→ Assignment
Pull every line with the word "AreReasons" out of the entries below.

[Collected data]

//! Which clauses a log uses, by marks.
ghost use Rattle.std.specs.Prelude.{◌≡◌, ◌<◌, ◌||◌, ◌&&◌, ℕ, Bool, Some, length, slice_get, IfOk};
ghost use Rattle.proof_log.specs.Lines.{AllLines};
ghost use Rattle.explain_failure.specs.Uses.{stands, chain_of, is_user, used_by};
ghost use Rattle.explain_failure.specs.Marks.{AreMarks, HasRoom};

use proof_log::Line;
use std::alloc::{AllocError, Global};

/// Marks the clauses of a chain.
fn mark_all(marks: &mut Vec<bool>, ids: &[u64])
    ensures length { length marks.new.items ≡ length marks.old.items }
    ensures marked { (used : ℕ → Bool) → AreMarks marks.old.items used
        → AreMarks marks.new.items (λ x. used x || stands ids.now x) }
{
    for id in ids {
        let place = *id as usize;
        if place < marks.len() {
            marks[place] = true;
        }
    }
}

/// Whether a clause is marked.
fn is_marked(marks: &[bool], id: u64) -> bool
    requires { id < length marks.now }
    ensures { slice_get marks.now id ≡ Some result }
{
    marks[id as usize]
}

/// Marks what a line uses, where what the lines behind it use is marked.
fn mark_line(marks: &mut Vec<bool>, line: &Line)
    requires { HasRoom (length marks.old.items) line.now }
    ensures length { length marks.new.items ≡ length marks.old.items }
    ensures marked { (used : ℕ → Bool) → AreMarks marks.old.items used
        → AreMarks marks.new.items
        (λ x. used x || (is_user line.now used && stands (chain_of line.now) x)) }
{
    match line {
        Line::Unsat { chain } => mark_all(marks, chain.as_slice()),
        Line::Learnt { id, chain, .. } => {
            if is_marked(marks.as_slice(), *id) {
                mark_all(marks, chain.as_slice());
            }
        }
        _ => {}
    }
}

/// Marks what the lines use, of clauses with ids below a number.
pub fn marks_of(alloc: Global, size: usize, lines: &[Line]) -> Result<Vec<bool>, AllocError>
    requires { AllLines (HasRoom size) lines.now }
    ensures length { IfOk result (λ marks. length marks.items ≡ size) }
    ensures marked { IfOk result (λ marks. AreMarks marks.items (used_by lines.now)) }
{
    let mut marks = vec![in alloc; false; size]?;
    for i in 0..lines.len() {
        let line = &lines[lines.len() - 1 - i];
        mark_line(&mut marks, line);
    }
    Ok(marks)
}
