//! The demands that a refutation rests on.
ghost use Rattle.std.specs.Prelude.{◌≡◌, ◌+◌, ◌^◌, ◌≤◌, IfErr, IfOk, length};
ghost use Rattle.explain_failure.specs.Uses.{AreReasons, IsRefuted, IsRising};
ghost use Rattle.explain_failure.specs.Marks.{demand_of, AreDemands};

use crate::marks::marks_of;
use crate::rising::put;
use clause_store::{ClauseList, Label};
use plain_data::List;
use proof_log::Log;
use std::alloc::{AllocError, Global};

/// The demand that labels a clause, if the clause is marked.
fn demand_of(clauses: &ClauseList, marks: &[bool], id: u64) -> Option<u64>
    ensures { result ≡ demand_of clauses.now.entries marks.now id }
{
    if marks.get(id as usize).copied() != Some(true) {
        return None;
    }
    match clauses.label(id) {
        Some(Label::Demand(demand)) => Some(demand),
        _ => None,
    }
}

/// The demands that label marked clauses.
fn demands_of(alloc: Global, clauses: &ClauseList, marks: &[bool]) -> Result<Vec<u64>, AllocError>
    ensures rising { IfOk result (λ ds. IsRising ds.items) }
    ensures exact { IfOk result (λ ds.
        AreDemands clauses.now.entries marks.now (length clauses.now.entries) ds.items) }
{
    let mut demands = Vec::new(alloc);
    for place in 0..clauses.len() {
        match demand_of(clauses, marks, place + 1) {
            Some(demand) => put(&mut demands, demand)?,
            None => {}
        }
    }
    Ok(demands)
}

/// How many marks there are to be: one for each clause, and for id 0; beyond 64 bits want of
/// memory.
fn size_for(clauses: u64, lines: usize) -> Result<usize, AllocError>
    ensures ok { IfOk result (λ size. size ≡ clauses + lines + 1) }
    ensures cause { IfErr result (λ _. 2 ^ 64 ≤ clauses + lines + 1) }
{
    let all = clauses as usize;
    match all.checked_add(lines).and_then(|all| all.checked_add(1)) {
        Some(size) => Ok(size),
        None => Err(AllocError),
    }
}

/// Exactly the demands that label an input clause which the refutation uses, each once and rising.
/// The log is a refutation of the clauses, whatever bits it speaks of. It uses the clauses that its
/// last chain names, and those that the chain of a learnt clause names which it uses.
pub fn reasons(alloc: Global, clauses: &ClauseList, log: &Log) -> Result<List<u64>, AllocError>
    requires { IsRefuted clauses.now log.now }
    ensures { IfOk result (AreReasons clauses.now.entries log.now) }
{
    let lines = log.lines();
    let size = size_for(clauses.len(), lines.len())?;
    let marks = marks_of(alloc, size, lines)?;
    let demands = demands_of(alloc, clauses, marks.as_slice())?;
    Ok(List::from_vec(demands))
}
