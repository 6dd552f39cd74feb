//! Numbers in rising order, each once.
ghost use Rattle.std.specs.Prelude.{◌≡◌, ◌↔◌, ◌≤◌, Some, length, slice_get, IsTrue, OnOk};
ghost use Rattle.explain_failure.specs.Rising.{place_of, with_number};

use std::alloc::AllocError;

/// Puts a number in its place, if it is not there.
pub fn put(numbers: &mut Vec<u64>, number: u64) -> Result<(), AllocError>
    ensures { OnOk result (numbers.new.items ≡ with_number numbers.old.items number) }
{
    let at = find_place(numbers.as_slice(), number);
    if stands_at(numbers.as_slice(), at, number) {
        return Ok(());
    }
    numbers.insert(at, number)?;
    Ok(())
}

fn stands_at(numbers: &[u64], at: usize, number: u64) -> bool
    ensures { IsTrue result ↔ (slice_get numbers.now at ≡ Some number) }
{
    match numbers.get(at) {
        Some(other) => *other == number,
        None => false,
    }
}

/// The first place whose number is not below this one.
fn find_place(numbers: &[u64], number: u64) -> usize
    ensures value { result ≡ place_of numbers.now number }
    ensures within { result ≤ length numbers.now }
{
    for (place, other) in numbers.iter().enumerate() {
        if *other >= number {
            return place;
        }
    }
    numbers.len()
}
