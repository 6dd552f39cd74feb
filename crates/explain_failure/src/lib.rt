//! Which demands a refutation rests on.
//!
//! What it is: an explanation of a failure, read off a log alone. What it promises: exactly the
//! demands that label an input clause which the refutation uses, rising and each once (`reasons`);
//! and no assignment meets the clauses of the structure and of these demands. What it stands on:
//! lists of clauses with labels (`clause_store`) and the words of logs (`proof_log`). What it must
//! not know: what a demand asks, and how the log was found or checked.
#![tactic(auto)]

mod demands;
mod marks;
mod rising;
mod theorems;

pub use demands::reasons;
pub use theorems::{encoding_laws, reason_laws};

→ Response
ghost use Rattle.explain_failure.specs.Uses.{AreReasons, IsRefuted, IsRising};
    ensures { IfOk result (AreReasons clauses.now.entries log.now) }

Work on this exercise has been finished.